Focusing the telescope is fairly easy. Imagine you are taking a picture with your phone and the screen is blurry when you first go to take it. You then tap the screen or point it at an object, and the thing that you are photographing comes into focus. It’s the same idea for astrophotography just with some more technical processes that differ based on the telescope you are using. Most observatories will actually have a telescope guide, which is a set of instructions for how to carry out certain steps using that specific telescope and accompanying software. Once we have the telescope focused, we can now actually point it at Andromeda.

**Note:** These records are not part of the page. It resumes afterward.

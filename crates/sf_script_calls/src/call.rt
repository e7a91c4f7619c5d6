//! Calls as they are spelled.
ghost use Rattle.std.specs.Prelude.{◌≡◌, IfOk};
ghost use Rattle.sf_script_calls.specs.Calls.{call_with, spelled_call, payload_length};
ghost use Rattle.sf_script_calls.specs.Views.{call_view};

use crate::payload::{SpelledPayload, bytes_of, length_of};
use sf_types::{Blob, Call, LocName, Mem};
use std::alloc::Global;

/// A call that wants a payload. Offsets count bytes from 1, amounts count bytes.
#[derive(Drop)]
pub enum PayloadCall {
    /// INSTR.
    Instr {
        at: LocName,
        offset: u64,
    },
    /// WRITE.
    Write {
        at: LocName,
        offset: u64,
    },
    /// WRITEAPPEND.
    WriteAppend {
        at: LocName,
    },
    /// FRAGMENT_INSERT.
    FragInsert {
        at: LocName,
        offset: u64,
    },
    /// FRAGMENT_REPLACE.
    FragReplace {
        at: LocName,
        old_amount: u64,
        offset: u64,
    },
}

/// A call as it is spelled.
#[derive(Drop)]
pub enum SpelledCall<'a> {
    /// Without a payload.
    Plain(Call),
    /// With one.
    WithPayload(PayloadCall, SpelledPayload<'a>),
}

// The call with the bytes of its payload.
fn call_with(call: PayloadCall, bytes: Blob) -> Call
    ensures { result ≡ call_with call bytes }
{
    match call {
        PayloadCall::Instr { at, offset } => Call::Instr {
            at,
            pattern: bytes,
            offset,
        },
        PayloadCall::Write { at, offset } => Call::Write { at, offset, bytes },
        PayloadCall::WriteAppend { at } => Call::WriteAppend { at, bytes },
        PayloadCall::FragInsert { at, offset } => Call::FragInsert { at, offset, bytes },
        PayloadCall::FragReplace {
            at,
            old_amount,
            offset,
        } => Call::FragReplace {
            at,
            old_amount,
            offset,
            bytes,
        },
    }
}

/// The number of bytes of a call's payload, 0 where it has none.
pub fn payload_length(call: &Call) -> u64
    ensures { result ≡ payload_length call.now }
{
    match call {
        Call::Instr { pattern, .. } => pattern.len() as u64,
        Call::Write { bytes, .. } => bytes.len() as u64,
        Call::WriteAppend { bytes, .. } => bytes.len() as u64,
        Call::FragInsert { bytes, .. } => bytes.len() as u64,
        Call::FragReplace { bytes, .. } => bytes.len() as u64,
        _ => 0,
    }
}

/// The number of bytes of the payload of a call as it is spelled, 0 where it has none.
pub fn spelled_length(call: &SpelledCall) -> u64
    ensures { result ≡ payload_length (spelled_call (call_view call.now)) }
{
    match call {
        SpelledCall::Plain(call) => payload_length(call),
        SpelledCall::WithPayload(_, payload) => length_of(*payload),
    }
}

/// The call that is spelled so.
pub fn spelled_call(alloc: Global, call: SpelledCall) -> Mem<Call>
    ensures { IfOk result (λ made. made ≡ spelled_call (call_view call.entry)) }
{
    match call {
        SpelledCall::Plain(call) => Ok(call),
        SpelledCall::WithPayload(call, payload) => {
            let bytes = bytes_of(alloc, payload)?;
            Ok(call_with(call, bytes))
        }
    }
}
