//! Which call a text spells.
ghost use Rattle.std.specs.Prelude.{◌≡◌};
ghost use Rattle.sf_script_calls.specs.CallTable.{call_form};
ghost use Rattle.sf_script_calls.specs.Inside.CallsOfWords.{form_of_word};
ghost use Rattle.sf_script_calls.specs.Reads.{Reads};
ghost use Rattle.sf_script_calls.specs.Views.{call_view};

use crate::call::SpelledCall;
use crate::call_word::{CallWord, call_word};
use crate::fields::word_at;
use crate::shapes::{
    locator_form, locator_number_form, locator_number_payload_form, locator_payload_form,
    locator_row_form, locator_row_number_form, locator_three_numbers_form,
    locator_two_numbers_form, locator_two_numbers_payload_form, rollback_to_form, row_form,
    setoptions_form, two_locators_form, two_locators_three_numbers_form,
};
use crate::unread::Unread;
use crate::words::is_word;
use sf_types::Call;
use std::alloc::Global;

// The call of a first word and of the text behind it.
fn form_of_word(alloc: Global, word: CallWord, text: &[u8]) -> Result<SpelledCall<'_>, Unread>
    ensures { Reads call_view result (form_of_word word text.now) }
{
    match word {
        CallWord::Row(word) => row_form(alloc, word, text),
        CallWord::LocatorRow(word) => locator_row_form(alloc, word, text),
        CallWord::AsOf => locator_row_number_form(alloc, text),
        CallWord::Locator(word) => locator_form(alloc, word, text),
        CallWord::TwoLocators(word) => two_locators_form(alloc, word, text),
        CallWord::Trim => locator_number_form(alloc, text),
        CallWord::TwoNumbers(word) => locator_two_numbers_form(alloc, word, text),
        CallWord::FragMove => locator_three_numbers_form(alloc, text),
        CallWord::TwoParts(word) => two_locators_three_numbers_form(alloc, word, text),
        CallWord::WriteAppend => locator_payload_form(alloc, text),
        CallWord::Payload(word) => locator_number_payload_form(alloc, word, text),
        CallWord::FragReplace => locator_two_numbers_payload_form(alloc, text),
        CallWord::SetOptions => setoptions_form(alloc, text),
        CallWord::RollbackTo => rollback_to_form(alloc, text),
    }
}

/// The call that a text spells, or why there is none. The text is all of a line behind its session. The form is the
/// project's own.
#[tactic(auto, unfolding(crate::specs::CallTable::call_form))]
pub fn call_form(alloc: Global, text: &[u8]) -> Result<SpelledCall<'_>, Unread>
    ensures exact { Reads call_view result (call_form text.now) }
{
    if is_word(b"commit", text) {
        return Ok(SpelledCall::Plain(Call::Commit));
    }
    if is_word(b"rollback", text) {
        return Ok(SpelledCall::Plain(Call::Rollback));
    }
    let (word, rest) = word_at(text)?;
    match call_word(word) {
        Some(word) => form_of_word(alloc, word, rest),
        None => Err(Unread::NoForm),
    }
}
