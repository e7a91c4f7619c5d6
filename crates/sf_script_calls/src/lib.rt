//! The calls of a script's lines: words, numbers, payloads, and how each call is spelled.
#![tactic(auto)]

mod call;
mod call_reading;
mod call_word;
mod fields;
mod hex_digits;
mod number;
mod payload;
mod shapes;
mod unread;
mod words;

pub use call::{PayloadCall, SpelledCall, payload_length, spelled_call, spelled_length};
pub use call_reading::call_form;
pub use hex_digits::HexDigits;
pub use number::number_of;
pub use payload::{SpelledPayload, are_text_bytes};
pub use unread::Unread;
pub use words::{first_word, is_word, place_of, word_at};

This second step can sometimes be the most frustrating. When we put our coordinates into the telescope, it almost never points perfectly where we want it to. There is almost always a degree of error. In other words, the Chapter 3. Life Science
telescope thinks that it is pointed at Andromeda when it is actually pointing to a patch of sky close to Andromeda. To correct this, we must take a quick exposure and compare the stars we see to the stars near Andromeda. You can use any kind of sky map, but for our case we used a program called Starry Night. Once we figure out where we are actually pointing, we just keep moving the telescope and taking quick exposures (roughly 5 Seconds) until we are in the right spot. Lastly, we set the telescope to tracking so that we can take exposures without our galaxy shifting out of frame as the night goes on. Once everything is set up, we can take our exposures. Depending on the stability of the telescope you are using and the natural noise of the camera, these exposures should be anywhere from 1-30 minutes. In our case, we started by taking one or two five-minute exposures before moving on to ten-minute exposures when our data looked good. Then it just becomes a waiting game. The goal is to get as much exposure time as possible. For our image, we didn’t really feel like staying up until 6 am, so we took about two and a half hours of total exposure time. Finally, we were left with 15-20 raw frames that we then used in our post processing to render our final image.
Post Processing and Results
The first two steps in post processing are generating a master flat and a master bias. It is very common to have dust particles on the lens of our camera. By generating a master flat, we are given a frame that is only dust particles (see figure 3). This way, we can apply it to our Andromeda image and subtract everything in our master flat from our image, effectively removing any spots. A master bias is a little more complicated, but just as relevant. Any kind of electronics gives off heat to run. When taking long exposures this inherent heat from running our camera can affect the whole frame. This is what we call a camera’s ‘noise.’ It is similar to black and white static on an old TV screen. To remove this, all we do is take a zero-second exposure to see the noise of the camera. By having nothing in our frames, we are left with just the noise that the camera gives off. Now we are able to take our two master frames and subtract them from our original exposures of Andromeda.